Given records:
▬▬▬▬▬▬▬▬▬▬

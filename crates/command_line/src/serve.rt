//! The options of the command `serve`.

ghost use Rattle.std.specs.Prelude.{◌≡◌};
ghost use Rattle.command_line.specs.Reading.{matched_value};
ghost use Rattle.command_line.specs.Serve.{serve_options};

use crate::limits::MOST_PORT;
use crate::option_names::OptionName;
use crate::reading::matched_number;
use clap::ArgMatches;

/// The numbers of the command `serve`.
#[derive(Clone, Copy, Debug, PartialEq, Eq)]
pub struct ServeOptions {
    /// The port of the first desk post, 1 to 65,535. Post k listens on port + k - 1, and the last one on 65,535 at most.
    pub port: u16,
    /// The number of desk posts, 1 to 8.
    pub workers: u8,
    /// The number of rounds in which each gauge line is polled, 0 to 100,000,000.
    pub rounds: u32,
}

impl ServeOptions {
    /// Those that matches have; `None` if one is missing, isn't 1 to 20 decimal digits, or isn't within its limits, or if
    /// the last post has no port.
    #[tactic(auto, unfolding(crate::specs::Serve::serve_options))]
    pub(crate) fn matched(matches: &ArgMatches) -> Option<ServeOptions>
        ensures options { result ≡ serve_options (matched_value matches.now) }
    {
        let port = matched_number(matches, OptionName::Port)?;
        let workers = matched_number(matches, OptionName::Workers)?;
        let rounds = matched_number(matches, OptionName::Rounds)?;
        if port + workers > MOST_PORT + 1 {
            return None;
        }
        Some(ServeOptions {
            port: port as u16,
            workers: workers as u8,
            rounds: rounds as u32,
        })
    }
}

▬▬▬▬▬▬▬▬▬▬

What to produce: The lines holding the string "workers" in the listing above are what you should copy out.

Written response:
    pub workers: u8,
        let workers = matched_number(matches, OptionName::Workers)?;
        if port + workers > MOST_PORT + 1 {
            workers: workers as u8,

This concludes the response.